One takeaway from this would be "CoT is more accurate at the limit of the model's capabilities". Given this, you could have a policy of only using the least capable model for every task to make CoT more influential. Of course this means you always get barely-passable model performance, which is unfortunate. Also, people often use CoT in cases where it intuitively wouldn't help, such as common sense NLP questions, where I'd expect influential CoT to be pretty unnatural.
based on semi-private rumors and such, i think their current best model is significantly behind gpt4
>Why did you decide to go with the equivalence of 1 token = 1 bit? Since a token can usually take on the order of 10k to 100k possible values, wouldn't 1 token equal 13-17 bits a more accurate equivalence?
LLMs make very inneficient use of their context size because they're writing human-like text which is predictable. Human text is like 0.6 bits/byte, so maybe 2.5 bits per token. Text used in language model scaffolding and such tends to be even more predictable (by maybe 30%)
Why measure flops at FP32? All the big training runs in the last 2 years are FP16 right?

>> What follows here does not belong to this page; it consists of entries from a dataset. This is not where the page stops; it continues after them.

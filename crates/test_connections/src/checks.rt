//! Checks that print a line only if they fail.

use test_support::Printout;

/// Prints what was checked, unless it holds.
pub(crate) fn check(holds: bool, what: &str, out: &mut Printout) {
    if !holds {
        out.add_all(&["** ", what, "\n"]);
    }
}
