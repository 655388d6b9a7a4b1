//! Tests of connections over a store that returns nothing but faults, and with a reader or a writer
//! that fails: the replies, and the books afterwards. Tests of the order `try`, with an input or an
//! output that fails. And tests of an endpoint over sockets call by call, and of the service over
//! streams and a listener. And calls of HTTP, and of the program's words, with little memory.
#![tactic(auto)]

mod checks;
mod devices;
mod endpoints;
mod failing_devices;
mod first_path;
mod memory;
mod parts;
mod rows;
mod service;
mod serving;
mod settings;

use crate::endpoints::run_endpoints;
use crate::service::run_service;
pub use memory::{run_feed, run_first_path, run_read_order};
pub use rows::run_connection_rows;
use test_support::Printout;

/// The output of the tests that have no rows: the title of each, and a line for each check that
/// fails.
pub fn run_calls(rt: &HostRuntime) -> Printout {
    let mut out = Printout::new(rt.alloc());
    run_endpoints(rt, &mut out);
    run_service(rt, &mut out);
    out
}
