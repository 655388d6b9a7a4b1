//! The service over single requests, over calls that no command makes, over streams and over a
//! listener.

mod answers;
mod calls;
mod failing;
mod sockets;
mod streams;

use crate::service::answers::answers_single_requests;
use crate::service::calls::answers_calls_that_no_command_makes;
use crate::service::failing::{drops_a_refused_token, passes_on_faults};
use crate::service::sockets::serves_nobody_where_none_waits;
use crate::service::streams::{
    flushes_replies, gives_up_after_too_many_reads, numbers_faults, retries_interrupted_reads,
};
use book_http::Service;
use std::alloc::Global;
use sync_core::{Limits, PlainStore};
use test_support::{Printout, Supply};

/// A new store with the standard limits.
pub(crate) fn new_store(alloc: Global) -> PlainStore {
    PlainStore::new(alloc, Limits::standard())
}

/// A service over a new store.
pub(crate) fn new_service(supply: &mut Supply) -> Option<Service<PlainStore>> {
    supply.keep(Service::new(supply.alloc, new_store(supply.alloc)))
}

/// Runs the tests, each after its title.
pub(crate) fn run_service(rt: &HostRuntime, out: &mut Printout) {
    out.add("single requests are answered\n");
    answers_single_requests(out);
    out.add("calls that no command makes are answered\n");
    answers_calls_that_no_command_makes(out);
    out.add("a fault of the store is passed on\n");
    passes_on_faults(out);
    out.add("a device drops a refused token\n");
    drops_a_refused_token(out);
    out.add("interrupted reads are made again\n");
    retries_interrupted_reads(out);
    out.add("replies are flushed\n");
    flushes_replies(out);
    out.add("a connection is given up after too many reads\n");
    gives_up_after_too_many_reads(out);
    out.add("faults are numbered\n");
    numbers_faults(out);
    out.add("nobody is served where none waits\n");
    serves_nobody_where_none_waits(rt, out);
}
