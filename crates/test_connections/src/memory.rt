//! Calls with little memory: requests in one piece over a store of any kind, and what the program
//! does with its words.

mod paths;
mod requests;

pub use paths::{run_first_path, run_read_order};
pub use requests::run_feed;
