// The run whose audit a file holds: of `run`, of `live`, of `stream`, or of `resume`.
ghost use Rattle.std.specs.Prelude.{◌≡◌, ◌≤◌, Bool, IfErr, IfOk, OnOk, length};
ghost use Rattle.audit_laws.specs.Fits.{csv_records};
ghost use Rattle.jobs.specs.Job.{job_view};
ghost use Rattle.jobs.specs.JobView.{JobView};
ghost use Rattle.jobs.specs.Nodes.{AreFromSources, worker_count};
ghost use Rattle.flow_model.specs.Record.{record_view};
ghost use Rattle.flow_model.specs.Run.{Ran};
ghost use Rattle.flow_model.specs.Setup.{setup_view};
ghost use Rattle.flow_model.specs.Workers.{workers_in};
ghost use Rattle.fries_steps.specs.Live.{AreReleased};
ghost use Rattle.fries_steps.specs.Parts.{IsRunFromStart};
ghost use Rattle.fries_steps.specs.Running.{IsRunOf};
ghost use Rattle.fries_steps.specs.SetupFor.{AreSame, IsSetupFor};
ghost use Rattle.fries_verify.specs.Audits.{AreShown, AreStreamsShown, HaveOneVerdict};
ghost use Rattle.fries_verify.specs.Audits.{IsAuditedRun, IsFaultOn, IsNoAudit, IsToldBy};
ghost use Rattle.fries_verify.specs.Audits.{later_subject, live_subject, shown_subject};
ghost use Rattle.audit_stream.specs.Together.{together};
ghost use Rattle.fries_verify.specs.Audits.{Subject, stream_subject, subject_of};
ghost use Rattle.fries_verify.specs.StreamSetup.{IsStreamRunOf, IsStreamSetupFor};

use crate::in_parts::in_parts;
use crate::laws::{
    later_texts_have_one_verdict, live_runs_are_shown, live_texts_have_one_verdict,
    stream_texts_have_one_verdict, streams_are_shown, texts_have_one_verdict,
};
use crate::waits::with_waits;
use audit_fault::AuditFault;
use audit_live::{runs_that_wait_as_shown_are_live, shown_waits, shown_waits_fit};
use audit_restore::check_audit;
use audit_stream::put_together;
use flow_laws::later_rows_are_whole;
use flow_model::{Setup, Start, ordered_runs_are_serial, runs_are_consistent};
use fries_lines::{Fault, FileIs};
use fries_steps::{Done, done_of, read_file};
use jobs::Job;
use payments::Shelf;
use std::alloc::Global;
use tuple_trace::{Bytes, Rows, Word};
use versions::Requests;

/// What an audit is looked at with, beside a setup: the requests and the rows of the run, and the
/// name of the audit's file.
#[derive(Clone, Copy)]
pub struct Given<'a> {
    pub requests: &'a Requests,
    pub rows: &'a Rows,
    pub audit: &'a Word,
}

/// The run of `run` whose audit a file holds: that of a setup and these rows.
///
/// # Errors
///
/// The file couldn't be read, is too long, or holds the audit of no such run; or out of memory. The
/// setup is then lost.
pub fn audited_run<S: Shelf>(
    alloc: Global,
    setup: Setup,
    given: Given<'_>,
    shelf: &mut S,
) -> Result<Done, Fault>
    requires sources { AreFromSources (job_view setup.job) given.rows.now }
    ensures audited { IfOk result (IsAuditedRun (S.state shelf.old).files given.entry.audit.now
        (subject_of setup given.entry.rows.now)) }
    ensures run { IfOk result (λ done. (ordered : Bool) (job : JobView) →
        IsSetupFor AreSame ordered job given.entry.requests.now setup →
        IsRunOf AreSame ordered job given.entry.requests.now given.entry.rows.now done) }
    ensures same { IfOk result (λ done. done.ran.setup ≡ setup) }
    ensures journals { IfOk result (λ done. length done.ran.journals
        ≡ worker_count done.ran.setup.job.nodes) }
    ensures verdict { HaveOneVerdict (subject_of setup given.entry.rows.now) }
    ensures kept { OnOk result (S.state shelf.new ≡ S.state shelf.old) }
    ensures files { (S.state shelf.new).files ≡ (S.state shelf.old).files }
    ensures draft { (S.state shelf.new).draft ≡ (S.state shelf.old).draft }
    ensures cause { IfErr result (IsNoAudit (S.state shelf.old).files given.entry.audit.now
        (subject_of setup given.entry.rows.now) (S.state shelf.old).faults
        (S.state shelf.new).faults) }
{
    given.rows.are_numbered();
    runs_are_consistent(&setup);
    ordered_runs_are_serial(&setup, given.rows);
    texts_have_one_verdict(&setup, given.rows);
    let start = Start::first(alloc, &setup)?;
    let bytes = read_file(alloc, FileIs::Audit, given.audit, shelf)?;
    let ran = check_audit(alloc, setup, &start, given.rows, bytes.as_slice())?;
    Ok(done_of(alloc, ran, given.requests, given.rows)?)
}

/// The run of `live` whose audit a file holds: the requests wait for the rows that it shows.
///
/// Whatever rows the requests of a live run waited for, its audit shows them.
///
/// # Errors
///
/// As [`audited_run`].
pub fn audited_live_run<S: Shelf>(
    alloc: Global,
    setup: Setup,
    given: Given<'_>,
    shelf: &mut S,
) -> Result<Done, Fault>
    requires sources { AreFromSources (job_view setup.job) given.rows.now }
    ensures audited { IfOk result (IsAuditedRun (S.state shelf.old).files given.entry.audit.now
        (live_subject setup given.entry.rows.now)) }
    ensures run { IfOk result (λ done. (ordered : Bool) (job : JobView) →
        IsSetupFor AreSame ordered job given.entry.requests.now setup →
        IsRunOf (AreReleased (length given.entry.rows.now) done.ran.feeds) ordered job
        given.entry.requests.now given.entry.rows.now done) }
    ensures journals { IfOk result (λ done. length done.ran.journals
        ≡ worker_count done.ran.setup.job.nodes) }
    ensures shown { AreShown setup given.entry.rows.now }
    ensures verdict { HaveOneVerdict (live_subject setup given.entry.rows.now) }
    ensures kept { OnOk result (S.state shelf.new ≡ S.state shelf.old) }
    ensures files { (S.state shelf.new).files ≡ (S.state shelf.old).files }
    ensures draft { (S.state shelf.new).draft ≡ (S.state shelf.old).draft }
    ensures cause { IfErr result (IsNoAudit (S.state shelf.old).files given.entry.audit.now
        (live_subject setup given.entry.rows.now) (S.state shelf.old).faults
        (S.state shelf.new).faults) }
{
    live_runs_are_shown(&setup, given.rows);
    live_texts_have_one_verdict(&setup, given.rows);
    let bytes = read_file(alloc, FileIs::Audit, given.audit, shelf)?;
    Ok(shown_run(alloc, setup, given, bytes.as_slice())?)
}

/// The run of `stream` whose audit a file holds, from the beginning of the stream to its end. Its
/// parts are put together to one run, whose requests wait for the rows that it shows. Then each
/// part is looked at by itself: it is a run from where the part before it has ended.
///
/// # Errors
///
/// As [`audited_run`].
pub fn audited_stream<S: Shelf>(
    alloc: Global,
    setup: Setup,
    given: Given<'_>,
    shelf: &mut S,
) -> Result<Done, Fault>
    requires sources { AreFromSources (job_view setup.job) given.rows.now }
    ensures audited { IfOk result (IsAuditedRun (S.state shelf.old).files given.entry.audit.now
        (stream_subject setup given.entry.rows.now)) }
    ensures run { IfOk result (λ done. (ordered : Bool) (job : JobView) →
        IsStreamSetupFor AreSame ordered job given.entry.requests.now setup →
        IsStreamRunOf (AreReleased (length given.entry.rows.now) done.ran.feeds) ordered job
        given.entry.requests.now given.entry.rows.now done) }
    ensures journals { IfOk result (λ done. length done.ran.journals
        ≡ worker_count done.ran.setup.job.nodes) }
    ensures shown { AreStreamsShown setup given.entry.rows.now }
    ensures verdict { HaveOneVerdict (stream_subject setup given.entry.rows.now) }
    ensures kept { OnOk result (S.state shelf.new ≡ S.state shelf.old) }
    ensures files { (S.state shelf.new).files ≡ (S.state shelf.old).files }
    ensures draft { (S.state shelf.new).draft ≡ (S.state shelf.old).draft }
    ensures cause { IfErr result (IsNoAudit (S.state shelf.old).files given.entry.audit.now
        (stream_subject setup given.entry.rows.now) (S.state shelf.old).faults
        (S.state shelf.new).faults) }
{
    streams_are_shown(&setup, given.rows);
    stream_texts_have_one_verdict(&setup, given.rows);
    let bytes = read_file(alloc, FileIs::Audit, given.audit, shelf)?;
    let text = together_in(alloc, &setup.job, bytes.as_slice())?;
    let done = shown_run(alloc, setup, given, text.as_slice())?;
    Ok(in_parts(alloc, done, given.rows, bytes.as_slice())?)
}

// The audit of a stream that a text holds, as that of one run.
fn together_in(alloc: Global, job: &Job, text: &[u8]) -> Result<Bytes, AuditFault>
    ensures text { IfOk result (λ one.
        csv_records one ≡ together (job_view job.now) (csv_records text.now)) }
    ensures fault { (subject : Subject) →
        subject.records ≡ together (job_view job.now) (csv_records text.now) →
        IfErr result (IsFaultOn subject) }
{
    match put_together(alloc, job, text)? {
        Some(one) => Ok(one),
        None => Err(AuditFault::Shape(0)),
    }
}

// The run whose audit a text is, if each request waits for the rows that the text shows.
fn shown_run(alloc: Global, setup: Setup, given: Given<'_>, text: &[u8]) -> Result<Done, AuditFault>
    requires sources { AreFromSources (job_view setup.job) given.rows.now }
    ensures audited { IfOk result (λ done. IsToldBy (shown_subject setup given.entry.rows.now
        (csv_records text.now)) (record_view done.ran)) }
    ensures only { (ran : Ran) →
        IsToldBy (shown_subject setup given.entry.rows.now (csv_records text.now)) ran →
        IfOk result (λ done. record_view done.ran ≡ ran) }
    ensures refused { IfOk result (λ done.
        done.ran.setup.judged.refused ≡ setup.judged.refused) }
    ensures run { IfOk result (λ done. (ordered : Bool) (job : JobView) →
        IsSetupFor AreSame ordered job given.entry.requests.now setup →
        IsRunOf (AreReleased (length given.entry.rows.now) done.ran.feeds) ordered job
        given.entry.requests.now given.entry.rows.now done) }
    ensures stream { IfOk result (λ done. (ordered : Bool) (job : JobView) →
        IsStreamSetupFor AreSame ordered job given.entry.requests.now setup →
        IsStreamRunOf (AreReleased (length given.entry.rows.now) done.ran.feeds) ordered job
        given.entry.requests.now given.entry.rows.now done) }
    ensures journals { IfOk result (λ done. length done.ran.journals
        ≡ worker_count done.ran.setup.job.nodes) }
    ensures fault { IfErr result
        (IsFaultOn (shown_subject setup given.entry.rows.now (csv_records text.now))) }
{
    given.rows.are_numbered();
    let accepted = setup.judged.accepted.as_slice();
    let waits = shown_waits(alloc, accepted, given.rows, text)?;
    shown_waits_fit();
    let setup = with_waits(setup, waits.as_slice());
    runs_that_wait_as_shown_are_live();
    runs_are_consistent(&setup);
    ordered_runs_are_serial(&setup, given.rows);
    let start = Start::first(alloc, &setup)?;
    let ran = check_audit(alloc, setup, &start, given.rows, text)?;
    Ok(done_of(alloc, ran, given.requests, given.rows)?)
}

/// The run of `resume` whose audit a file holds: it went on from this start.
///
/// # Errors
///
/// As [`audited_run`].
pub fn audited_later_run<S: Shelf>(
    alloc: Global,
    setup: Setup,
    start: &Start,
    given: Given<'_>,
    shelf: &mut S,
) -> Result<Done, Fault>
    requires sources { AreFromSources (job_view setup.job) given.rows.now }
    requires turned { start.now.turned ≤ length (setup_view setup).requests }
    requires states { length start.now.states ≡ length (workers_in (setup_view setup).job) }
    ensures audited { IfOk result (IsAuditedRun (S.state shelf.old).files given.entry.audit.now
        (later_subject start.now setup given.entry.rows.now)) }
    ensures run { IfOk result (IsRunFromStart start.now setup given.entry.requests.now
        given.entry.rows.now) }
    ensures journals { IfOk result (λ done. length done.ran.journals
        ≡ worker_count done.ran.setup.job.nodes) }
    ensures verdict { HaveOneVerdict (later_subject start.now setup given.entry.rows.now) }
    ensures kept { OnOk result (S.state shelf.new ≡ S.state shelf.old) }
    ensures files { (S.state shelf.new).files ≡ (S.state shelf.old).files }
    ensures draft { (S.state shelf.new).draft ≡ (S.state shelf.old).draft }
    ensures cause { IfErr result (IsNoAudit (S.state shelf.old).files given.entry.audit.now
        (later_subject start.now setup given.entry.rows.now) (S.state shelf.old).faults
        (S.state shelf.new).faults) }
{
    later_rows_are_whole(&setup, given.rows);
    later_texts_have_one_verdict(&setup, start, given.rows);
    let bytes = read_file(alloc, FileIs::Audit, given.audit, shelf)?;
    let ran = check_audit(alloc, setup, start, given.rows, bytes.as_slice())?;
    Ok(done_of(alloc, ran, given.requests, given.rows)?)
}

Foundation Models tend to have a more limited type of orthogonality - they're good at pursuing any goal that's plausible under the training distribution, meaning they can pursue any goal that humans would plausibly have (with some caveats I guess). This is most true without outcome-based RL on top of the foundation model, but I'd guess some of the orthogonality transfers through RL.
Imo they are silent bc they're failing at capabilities and don't see popular games (which are flashier) as good research anymore
When I first saw "save all weights to on chip hardware", I thought it would be super expensive, but actually saving like 5 times the GPU's memory to a seperate flash chip would only cost $20 (80GB*5 at 5 cents per gigabyte for flash storage). It can be way cheaper bc it's low bandwidth and slow.